* INSTRUCTIONS FOR THE TASK
The answer must be every line below that contains the string "from".

* SUPPLIED ENTRIES

= = = = =

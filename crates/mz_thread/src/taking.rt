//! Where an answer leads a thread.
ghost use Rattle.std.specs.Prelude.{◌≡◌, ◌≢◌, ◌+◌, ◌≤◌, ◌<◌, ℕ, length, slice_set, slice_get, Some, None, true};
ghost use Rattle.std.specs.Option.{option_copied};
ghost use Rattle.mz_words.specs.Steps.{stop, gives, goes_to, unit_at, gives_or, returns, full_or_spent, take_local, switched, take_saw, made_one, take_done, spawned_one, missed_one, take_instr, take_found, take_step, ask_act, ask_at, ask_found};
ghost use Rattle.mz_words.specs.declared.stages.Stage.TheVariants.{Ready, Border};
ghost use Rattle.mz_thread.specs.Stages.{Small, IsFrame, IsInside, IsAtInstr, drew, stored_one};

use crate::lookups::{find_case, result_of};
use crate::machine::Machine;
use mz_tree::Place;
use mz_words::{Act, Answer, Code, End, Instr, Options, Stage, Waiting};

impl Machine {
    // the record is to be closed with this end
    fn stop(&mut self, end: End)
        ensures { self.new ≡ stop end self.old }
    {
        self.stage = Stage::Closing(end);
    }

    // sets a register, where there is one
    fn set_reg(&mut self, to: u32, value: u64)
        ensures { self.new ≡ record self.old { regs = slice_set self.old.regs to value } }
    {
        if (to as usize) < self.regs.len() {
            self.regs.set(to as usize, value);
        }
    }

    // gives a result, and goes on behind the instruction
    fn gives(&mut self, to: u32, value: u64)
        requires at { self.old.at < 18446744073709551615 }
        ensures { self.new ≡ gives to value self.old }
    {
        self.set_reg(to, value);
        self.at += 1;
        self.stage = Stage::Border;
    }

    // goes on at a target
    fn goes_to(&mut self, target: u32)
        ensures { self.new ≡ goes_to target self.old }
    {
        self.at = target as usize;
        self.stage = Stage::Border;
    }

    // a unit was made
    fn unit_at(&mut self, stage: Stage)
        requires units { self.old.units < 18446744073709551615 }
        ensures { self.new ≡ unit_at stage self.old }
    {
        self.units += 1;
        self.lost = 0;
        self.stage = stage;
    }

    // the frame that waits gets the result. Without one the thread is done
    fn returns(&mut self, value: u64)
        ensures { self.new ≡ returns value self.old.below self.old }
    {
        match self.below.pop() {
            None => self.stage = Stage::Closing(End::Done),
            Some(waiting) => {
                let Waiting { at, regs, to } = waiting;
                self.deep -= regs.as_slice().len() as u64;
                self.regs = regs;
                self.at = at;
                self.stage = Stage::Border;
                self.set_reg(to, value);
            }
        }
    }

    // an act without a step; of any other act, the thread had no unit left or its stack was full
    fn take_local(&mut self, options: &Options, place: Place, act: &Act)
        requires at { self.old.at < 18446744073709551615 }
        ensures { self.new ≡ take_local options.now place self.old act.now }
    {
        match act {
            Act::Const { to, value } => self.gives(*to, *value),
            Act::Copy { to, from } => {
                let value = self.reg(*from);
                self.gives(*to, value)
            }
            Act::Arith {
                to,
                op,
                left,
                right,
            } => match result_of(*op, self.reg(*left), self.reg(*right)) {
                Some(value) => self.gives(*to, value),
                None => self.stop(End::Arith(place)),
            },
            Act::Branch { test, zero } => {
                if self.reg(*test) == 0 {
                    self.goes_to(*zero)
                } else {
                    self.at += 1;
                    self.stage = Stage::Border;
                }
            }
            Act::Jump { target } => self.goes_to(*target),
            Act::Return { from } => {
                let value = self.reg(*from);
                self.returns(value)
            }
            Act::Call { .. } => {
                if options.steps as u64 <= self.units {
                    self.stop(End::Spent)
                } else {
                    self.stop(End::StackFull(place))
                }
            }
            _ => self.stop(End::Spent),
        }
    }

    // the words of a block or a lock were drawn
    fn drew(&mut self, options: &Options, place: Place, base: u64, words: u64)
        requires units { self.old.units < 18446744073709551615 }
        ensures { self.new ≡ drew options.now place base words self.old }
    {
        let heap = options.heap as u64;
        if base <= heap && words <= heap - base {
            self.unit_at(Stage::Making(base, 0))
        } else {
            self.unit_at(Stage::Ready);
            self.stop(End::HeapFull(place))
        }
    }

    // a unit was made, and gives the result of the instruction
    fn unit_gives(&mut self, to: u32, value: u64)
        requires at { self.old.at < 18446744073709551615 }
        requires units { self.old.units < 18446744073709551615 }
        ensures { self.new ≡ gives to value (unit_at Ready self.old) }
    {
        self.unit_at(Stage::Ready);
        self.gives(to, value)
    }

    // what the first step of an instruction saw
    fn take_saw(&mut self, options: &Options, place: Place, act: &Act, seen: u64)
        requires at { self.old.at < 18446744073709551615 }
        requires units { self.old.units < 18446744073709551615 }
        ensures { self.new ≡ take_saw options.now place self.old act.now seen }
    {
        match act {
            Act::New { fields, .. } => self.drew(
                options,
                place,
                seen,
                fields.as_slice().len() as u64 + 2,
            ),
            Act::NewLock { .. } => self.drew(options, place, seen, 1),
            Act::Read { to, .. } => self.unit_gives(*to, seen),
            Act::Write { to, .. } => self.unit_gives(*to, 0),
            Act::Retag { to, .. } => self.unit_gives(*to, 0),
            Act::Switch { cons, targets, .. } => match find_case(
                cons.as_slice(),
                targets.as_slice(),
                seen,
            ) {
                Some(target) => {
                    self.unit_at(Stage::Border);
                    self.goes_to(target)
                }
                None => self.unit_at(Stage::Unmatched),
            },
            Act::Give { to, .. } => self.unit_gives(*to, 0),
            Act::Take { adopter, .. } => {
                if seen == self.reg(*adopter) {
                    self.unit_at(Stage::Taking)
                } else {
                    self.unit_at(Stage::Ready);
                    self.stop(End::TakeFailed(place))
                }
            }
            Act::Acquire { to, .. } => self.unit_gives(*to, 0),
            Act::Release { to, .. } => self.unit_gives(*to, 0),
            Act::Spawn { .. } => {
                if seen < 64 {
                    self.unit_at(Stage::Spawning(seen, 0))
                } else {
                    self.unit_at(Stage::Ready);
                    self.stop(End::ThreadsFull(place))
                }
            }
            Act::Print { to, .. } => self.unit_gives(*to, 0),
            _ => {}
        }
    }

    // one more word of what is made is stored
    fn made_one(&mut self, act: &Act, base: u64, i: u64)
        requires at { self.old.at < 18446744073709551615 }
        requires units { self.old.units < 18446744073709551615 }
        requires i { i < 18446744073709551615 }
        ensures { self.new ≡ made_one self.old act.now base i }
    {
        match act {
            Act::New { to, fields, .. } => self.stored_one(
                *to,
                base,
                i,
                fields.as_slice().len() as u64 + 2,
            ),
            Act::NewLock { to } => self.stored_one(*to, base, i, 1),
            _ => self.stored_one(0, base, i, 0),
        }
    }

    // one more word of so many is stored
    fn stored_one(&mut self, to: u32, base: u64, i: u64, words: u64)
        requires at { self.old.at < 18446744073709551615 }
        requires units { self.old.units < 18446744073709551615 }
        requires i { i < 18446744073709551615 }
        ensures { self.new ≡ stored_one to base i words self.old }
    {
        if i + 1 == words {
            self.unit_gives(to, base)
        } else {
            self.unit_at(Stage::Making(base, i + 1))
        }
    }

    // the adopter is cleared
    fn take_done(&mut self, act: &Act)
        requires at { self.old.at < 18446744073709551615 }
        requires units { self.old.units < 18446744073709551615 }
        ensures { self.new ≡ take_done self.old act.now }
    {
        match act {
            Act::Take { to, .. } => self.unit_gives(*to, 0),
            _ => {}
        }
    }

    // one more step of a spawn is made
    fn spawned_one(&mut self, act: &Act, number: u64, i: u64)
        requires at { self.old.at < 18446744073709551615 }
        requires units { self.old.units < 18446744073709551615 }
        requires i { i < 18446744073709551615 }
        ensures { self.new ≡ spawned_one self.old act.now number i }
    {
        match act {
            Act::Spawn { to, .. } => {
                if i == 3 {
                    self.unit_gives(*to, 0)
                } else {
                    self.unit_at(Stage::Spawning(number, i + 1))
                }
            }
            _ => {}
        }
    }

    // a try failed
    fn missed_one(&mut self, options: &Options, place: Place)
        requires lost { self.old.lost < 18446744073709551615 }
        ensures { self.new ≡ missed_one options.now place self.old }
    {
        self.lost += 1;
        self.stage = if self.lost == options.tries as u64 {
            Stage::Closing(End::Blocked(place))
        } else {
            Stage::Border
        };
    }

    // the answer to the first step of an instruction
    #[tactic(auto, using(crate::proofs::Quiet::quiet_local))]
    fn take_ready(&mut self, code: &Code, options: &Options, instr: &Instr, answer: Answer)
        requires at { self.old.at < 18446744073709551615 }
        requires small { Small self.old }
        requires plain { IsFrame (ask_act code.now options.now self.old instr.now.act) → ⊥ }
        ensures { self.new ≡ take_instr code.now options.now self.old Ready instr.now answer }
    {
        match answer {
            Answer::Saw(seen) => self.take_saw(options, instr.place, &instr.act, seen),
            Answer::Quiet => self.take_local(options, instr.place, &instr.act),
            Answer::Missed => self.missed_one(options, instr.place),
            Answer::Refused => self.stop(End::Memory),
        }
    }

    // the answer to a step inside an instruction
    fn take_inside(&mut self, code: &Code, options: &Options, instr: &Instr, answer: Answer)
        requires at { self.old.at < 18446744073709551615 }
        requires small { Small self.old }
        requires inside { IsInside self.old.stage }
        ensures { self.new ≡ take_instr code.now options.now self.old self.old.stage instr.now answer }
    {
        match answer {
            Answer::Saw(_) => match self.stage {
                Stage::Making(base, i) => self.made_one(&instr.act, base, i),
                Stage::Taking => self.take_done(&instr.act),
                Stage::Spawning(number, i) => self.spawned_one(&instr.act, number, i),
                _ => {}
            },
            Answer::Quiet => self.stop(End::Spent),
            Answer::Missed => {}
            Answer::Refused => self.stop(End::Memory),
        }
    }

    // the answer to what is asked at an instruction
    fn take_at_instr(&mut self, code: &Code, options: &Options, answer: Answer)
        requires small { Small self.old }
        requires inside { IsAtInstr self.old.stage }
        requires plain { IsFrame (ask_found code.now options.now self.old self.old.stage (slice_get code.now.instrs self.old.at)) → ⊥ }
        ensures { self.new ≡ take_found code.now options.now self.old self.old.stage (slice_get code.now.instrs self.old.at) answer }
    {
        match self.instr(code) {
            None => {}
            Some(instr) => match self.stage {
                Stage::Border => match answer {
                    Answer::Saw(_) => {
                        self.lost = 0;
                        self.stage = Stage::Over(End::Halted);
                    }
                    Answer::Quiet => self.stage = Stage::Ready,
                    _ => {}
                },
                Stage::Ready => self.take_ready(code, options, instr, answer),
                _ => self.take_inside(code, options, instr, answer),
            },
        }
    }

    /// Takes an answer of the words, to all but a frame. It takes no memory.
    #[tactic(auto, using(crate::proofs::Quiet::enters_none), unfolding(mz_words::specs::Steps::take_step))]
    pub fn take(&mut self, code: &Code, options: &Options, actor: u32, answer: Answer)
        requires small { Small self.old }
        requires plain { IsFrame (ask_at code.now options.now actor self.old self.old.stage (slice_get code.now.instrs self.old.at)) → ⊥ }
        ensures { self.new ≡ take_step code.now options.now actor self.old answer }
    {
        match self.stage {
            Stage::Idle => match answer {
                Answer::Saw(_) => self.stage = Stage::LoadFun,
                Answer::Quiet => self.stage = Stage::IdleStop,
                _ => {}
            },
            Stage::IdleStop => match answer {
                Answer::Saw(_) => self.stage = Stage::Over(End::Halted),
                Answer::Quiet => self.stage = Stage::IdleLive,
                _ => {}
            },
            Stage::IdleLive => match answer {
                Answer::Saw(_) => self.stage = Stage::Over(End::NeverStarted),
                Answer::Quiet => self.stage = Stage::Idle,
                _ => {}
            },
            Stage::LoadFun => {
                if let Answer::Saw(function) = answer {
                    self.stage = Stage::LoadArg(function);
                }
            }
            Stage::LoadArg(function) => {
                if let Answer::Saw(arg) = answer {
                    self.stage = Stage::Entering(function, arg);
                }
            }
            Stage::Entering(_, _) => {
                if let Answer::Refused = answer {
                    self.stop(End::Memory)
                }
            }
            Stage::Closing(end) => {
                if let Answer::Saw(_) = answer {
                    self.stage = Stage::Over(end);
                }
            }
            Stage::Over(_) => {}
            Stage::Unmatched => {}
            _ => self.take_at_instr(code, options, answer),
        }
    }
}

= = = = =

* TASK SOLUTION
            Act::Copy { to, from } => {
                let value = self.reg(*from);
            Act::Return { from } => {
                let value = self.reg(*from);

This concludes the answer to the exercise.